▶ _Activity_:
Please print each entry below exactly as it reads.

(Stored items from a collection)
------------------------------------------------

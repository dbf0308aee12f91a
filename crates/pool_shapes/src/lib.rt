//! What a picture shows of a pool at one move: a shape for each party, taken from a trial; and of a run, in `marks`.
#![tactic(auto)]

mod given;
mod handed;
pub mod marks;
mod parties;
mod shapes;

pub use given::Given;
pub use handed::{Handover, handed_over, has_ended, has_given_up, has_place, is_granted};
pub use parties::{show_parties, show_unmanaged_parties};
pub use shapes::{shape_of, unmanaged_shape_of};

------------------------------------------------

▶ _Exercise response_:
repository dbf0308aee12f91a
filename crates/pool_shapes/src/lib.rt
//! What a picture shows of a pool at one move: a shape for each party, taken from a trial; and of a run, in `marks`.
#![tactic(auto)]

mod given;
mod handed;
pub mod marks;
mod parties;
mod shapes;

pub use given::Given;
pub use handed::{Handover, handed_over, has_ended, has_given_up, has_place, is_granted};
pub use parties::{show_parties, show_unmanaged_parties};
pub use shapes::{shape_of, unmanaged_shape_of};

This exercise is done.